米大統領選は2週間後の11月3日である。 最大の焦点は激戦6州のうちフロリダ州とペンシルベニア州である。 特に東海岸フロリダ州の選挙当日夜の開票速報に注目すべきだ。
広大な米国には時差がある。ワシントンなど東海岸とロサンゼルスなど西海岸との間には3時間の時差がある。 時差の関係からフロリダ州では開票が進む中で、米メディア各社の世論調査の結果が他州に先駆けて最も早く報道される。

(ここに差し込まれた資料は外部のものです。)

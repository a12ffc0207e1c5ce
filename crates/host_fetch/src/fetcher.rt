//! Who fetches pages.

ghost use Rattle.std.specs.Prelude.{◌≤◌};
ghost use Rattle.host_fetch.specs.declared.fetch_page.TheConstants.{MAX_AHEAD};

use crate::fetch_page::MAX_AHEAD;
use image_depot::Depot;
use page_claims::Claims;
use std::alloc::Global;

/// Fetches pages of a depot.
#[derive(Drop)]
pub struct Fetcher<'a> {
    /// Who has the pages.
    pub depot: &'a Depot,
    /// The claims of its pages: who asks for one claims it.
    pub claims: &'a Claims,
    /// The most pages that it asks for beside a wanted one.
    pub ahead: u32,
    /// Where a reply that waits is kept, and a page that has come.
    pub alloc: Global,
    ghost few: { ahead ≤ MAX_AHEAD },
}
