//! Brings the page that a machine wants, over a wire that loses, repeats and reorders replies.
#![tactic(auto)]

mod ask;
mod deliver;
mod error;
mod fetch_page;
mod fetcher;
mod heard;
mod offer_page;
mod waiting;

pub use error::FetchError;
pub use fetch_page::MAX_AHEAD;
pub use fetcher::Fetcher;
pub use heard::Heard;
pub use offer_page::offer;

加えて、問題視された郵便投票を認めた同州では早期開票集計が行われるので、その結果についても概ね判明する。 つまり、全米ネットの各テレビ局は第1報を競い合うのだ。 仮に民主党のジョー・バイデン前副大統領の「勝利」と伝えるようであれば、大統領選挙人の数が29人とカリフォルニア州、テキサス州に次いで多いフロリダ州の投票結果から全州の勝敗を占うことができる。 筆者の手元に届いた著名なユーラシア・グループ代表のイアン・ブレマー氏のニューズレター「up date」は「65%の確率でバイデン氏勝利」とある。

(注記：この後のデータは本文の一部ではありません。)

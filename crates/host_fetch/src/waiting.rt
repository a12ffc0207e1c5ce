ghost use Rattle.std.specs.Prelude.{◌≡◌};
ghost use Rattle.host_fetch.specs.Asked.{reply_in};

use image_depot::Parcel;

/// A reply that waits to be given.
#[derive(Drop)]
pub enum Waiting<'a> {
    /// The depot keeps it for all.
    Kept(&'a Parcel),
    /// Somebody had claimed its page before, or nobody can, so nobody else has it.
    Own(Parcel),
}

impl Waiting<'_> {
    /// The reply itself.
    #[inline]
    pub fn parcel(&self) -> &Parcel
        ensures { result.now ≡ reply_in self.now }
    {
        match self {
            Waiting::Kept(parcel) => parcel,
            Waiting::Own(parcel) => parcel,
        }
    }
}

また、ワシントンの共和党系コンサルタントのカール・アイゼルバーグ氏が発行する「Monitor」は早くも「バイデン政権名簿」を紹介している。 ▶︎
▶︎では、バイデン氏優勢は本当なのか。 新型コロナウイルスの治療を終え、退院したドナルド・トランプ大統領が遊説再開の場に選んだのはフロリダ州だった。 10月12日、同州サンフォードの空港内特設会場で数千人の聴衆を前に「トランプ節」を炸裂させた。

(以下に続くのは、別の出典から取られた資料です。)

ghost use Rattle.std.specs.Prelude.{◌≡◌, ℕ, ◌<◌, ◌≤◌, true, false, List, length, None, Some, Ok, IfErr, OnOk};
ghost use Rattle.std.specs.List.{All};
ghost use Rattle.std.specs.Option.{ForSome};
ghost use Rattle.image_depot.specs.Image.{place_count};
ghost use Rattle.image_depot.specs.Key.{IsKeyOf, image_of};
ghost use Rattle.image_depot.specs.Receiver.{IsAbsent, IsHere};
ghost use Rattle.image_depot.specs.Reply.{IsSentOf};
ghost use Rattle.page_claims.specs.Calls.{IsSamePass};
ghost use Rattle.host_fetch.specs.Asked.{HasAsked, HasToldFirsts, end_of_kind, first_asked, untold_most};
ghost use Rattle.host_fetch.specs.Fetch.{Finishes, Grows, begun};

use crate::ask::first_asked;
use crate::deliver::deliver;
use crate::error::FetchError;
use crate::fetcher::Fetcher;
use image_depot::{Depot, ImageKey, Receiver, Sent};
use page_claims::ClaimPass;
use std::sync::Wait;
use wire_fates::{LONGEST_STREAK, Wire};

/// The most pages that a fetch asks for beside the wanted one.
pub const MAX_AHEAD: u32 = 16;

/// A page of an image, which a receiver wants.
#[derive(Drop)]
struct Wanted {
    key: ImageKey,
    page: u32,
}

impl Fetcher<'_> {
    /// Brings the page that a receiver wants, if it wants one. It asks for this page and for the next `ahead` higher ones of its
    /// kind, of RAM or of the disk, that are absent, and the wire tells what becomes of the replies. Where the reply with the
    /// wanted page is lost, it asks for it again. Each page that it asks for is claimed, and the replies whose pages were claimed for
    /// the first time are pushed, and told in `pushed`; all come to the receiver alike. The pass comes back. The wire has failed
    /// where its streak is the longest after a fate, and the page is not here.
    pub fn fetch<R: Wait, T: Receiver, W: Wire>(
        &self,
        rt: &R,
        receiver: &mut T,
        wire: &mut W,
        claiming: ClaimPass,
        pushed: &mut Vec<Sent>,
    ) -> (ClaimPass, Result<(), FetchError>)
        requires claims { claiming.table ≡ self.now.claims.now.table }
        requires of_depot { ForSome (T.key receiver.old) (IsKeyOf self.now.depot.now) }
        ensures none { T.wanted receiver.old ≡ None → (result ≡ (claiming, Ok tt)) × (receiver.new ≡ receiver.old) × (wire.new ≡ wire.old) × (pushed.new.items ≡ pushed.old.items) }
        ensures here { OnOk result.1 (ForSome (T.wanted receiver.old) (IsHere (T.here receiver.new))) }
        ensures fetches { ForSome (T.wanted receiver.old) (λ page. ForSome (T.key receiver.old) (λ key. (asked : List ℕ)
            × HasAsked self.now.depot.now self.now.claims.now key (first_asked (T.here receiver.old) page (end_of_kind (image_of key) page) self.now.ahead) result.1 asked
            (record { sent = pushed.old.items; pass = claiming }) (record { sent = pushed.new.items; pass = result.0 })
            × Finishes W.tells W.streak page
            wire.old (begun (T.here receiver.old) (first_asked (T.here receiver.old) page (end_of_kind (image_of key) page) self.now.ahead))
            wire.new (T.here receiver.new) asked result.1)) }
        ensures firsts { HasToldFirsts self.now.claims.now (untold_most result.1)
            (record { sent = pushed.old.items; pass = claiming }) (record { sent = pushed.new.items; pass = result.0 }) }
        ensures wire { IfErr result.1 (λ error. error ≡ FetchError.Wire → W.streak wire.new ≡ LONGEST_STREAK) }
        ensures same { IsSamePass claiming result.0 }
        ensures kept { All (IsSentOf self.now.depot.now) pushed.old.items → All (IsSentOf self.now.depot.now) pushed.new.items }
        ensures key { T.key receiver.new ≡ T.key receiver.old }
        ensures seeds { W.seeds wire.new ≡ W.seeds wire.old }
        ensures rest { T.rest receiver.new ≡ T.rest receiver.old }
        ensures grows { Grows (T.here receiver.old) (T.here receiver.new) }
    {
        let Some(page) = receiver.wanted() else {
            return (claiming, Ok(()));
        };
        let Some(key) = receiver.key() else {
            unreachable!()
        };
        let Ok(key) = key.again() else {
            return (claiming, Err(FetchError::Memory));
        };
        let wanted = Wanted { key, page };
        self.fetch_page(rt, receiver, wire, &wanted, claiming, pushed)
    }

    /// Brings a page that is absent.
    fn fetch_page<R: Wait, T: Receiver, W: Wire>(
        &self,
        rt: &R,
        receiver: &mut T,
        wire: &mut W,
        wanted: &Wanted,
        claiming: ClaimPass,
        pushed: &mut Vec<Sent>,
    ) -> (ClaimPass, Result<(), FetchError>)
        requires claims { claiming.table ≡ self.now.claims.now.table }
        requires of_depot { IsKeyOf self.now.depot.now wanted.now.key }
        requires of_image { T.key receiver.old ≡ Some wanted.now.key }
        requires pages { place_count (image_of wanted.now.key) ≡ length (T.here receiver.old) }
        requires absent { IsAbsent (T.here receiver.old) wanted.now.page }
        ensures fetches { (asked : List ℕ)
            × HasAsked self.now.depot.now self.now.claims.now wanted.now.key
            (first_asked (T.here receiver.old) wanted.now.page (end_of_kind (image_of wanted.now.key) wanted.now.page) self.now.ahead) result.1 asked
            (record { sent = pushed.old.items; pass = claiming }) (record { sent = pushed.new.items; pass = result.0 })
            × Finishes W.tells W.streak wanted.now.page
            wire.old (begun (T.here receiver.old) (first_asked (T.here receiver.old) wanted.now.page (end_of_kind (image_of wanted.now.key) wanted.now.page) self.now.ahead))
            wire.new (T.here receiver.new) asked result.1 }
        ensures same { IsSamePass claiming result.0 }
        ensures key { T.key receiver.new ≡ T.key receiver.old }
        ensures seeds { W.seeds wire.new ≡ W.seeds wire.old }
        ensures rest { T.rest receiver.new ≡ T.rest receiver.old }
        ensures grows { Grows (T.here receiver.old) (T.here receiver.new) }
    {
        let (key, page) = (&wanted.key, wanted.page);
        let end = end_of_kind(self.depot, key, page);
        let Ok(asked) = first_asked(self.alloc, receiver, page, end, self.ahead) else {
            return (claiming, Err(FetchError::Memory));
        };
        let (claiming, replies) = self.ask_first(rt, key, &asked, claiming, pushed);
        let mut claiming = claiming;
        let Ok(mut waiting) = replies else {
            return (claiming, Err(FetchError::Memory));
        };
        loop {
            let fate = wire.next(waiting.len());
            let Ok(()) = deliver(self.alloc, receiver, self.depot, &mut waiting, fate) else {
                return (claiming, Err(FetchError::Memory));
            };
            if receiver.is_here(page) {
                return (claiming, Ok(()));
            }
            if has_failed(wire) {
                return (claiming, Err(FetchError::Wire));
            }
            let (after, asked) = self.ask_again(rt, key, page, claiming, &mut waiting, pushed);
            claiming = after;
            let Ok(()) = asked else {
                return (claiming, Err(FetchError::Memory));
            };
        }
    }
}

/// Where the pages of the kind of a page end.
fn end_of_kind(depot: &Depot, key: &ImageKey, page: u32) -> u32
    requires of_depot { IsKeyOf depot.now key.now }
    requires there { page < place_count (image_of key.now) }
    ensures value { result ≡ end_of_kind (image_of key.now) page }
    ensures above { page < result }
    ensures most { result ≤ place_count (image_of key.now) }
{
    let pages = depot.pages(key);
    if page < pages {
        pages
    } else {
        depot.places(key)
    }
}

/// Whether a wire has failed: its streak is the longest.
fn has_failed<W: Wire>(wire: &W) -> bool
    ensures yes { result ≡ true → W.streak wire.now ≡ LONGEST_STREAK }
    ensures no { result ≡ false → W.streak wire.now < LONGEST_STREAK }
{
    wire.streak() == LONGEST_STREAK
}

テレビニュースで観た印象であるが、「もう(1期)4年」を叫ぶ老若男女の熱狂ぶりからトランプ支持の岩盤層は侮れないと感じた。 筆者が承知する外務省の分析でも、フロリダ州はトランプ氏優勢、ペンシルベニア州がバイデン氏優勢である。 そこへ興味深い情報が飛び込んできた。10月10日付の郵便投票動向だ。 全米郵便投票数740万人(民主党比率55%、共和党25%、中道10%)だが、民主党比率が高いペンシルベニア州の郵便投票数が17万人とフロリダ州120万人に比べて極めて少ない。
トランプ氏が同州を制すれば、選挙人票は269対269の同数になり、米憲政史上3回目の決選投票となる。決めるのは各州1票の下院議員である。ところが同州選出下院議員は共和、民主が同数のため、最後は米最高裁が決定することになる。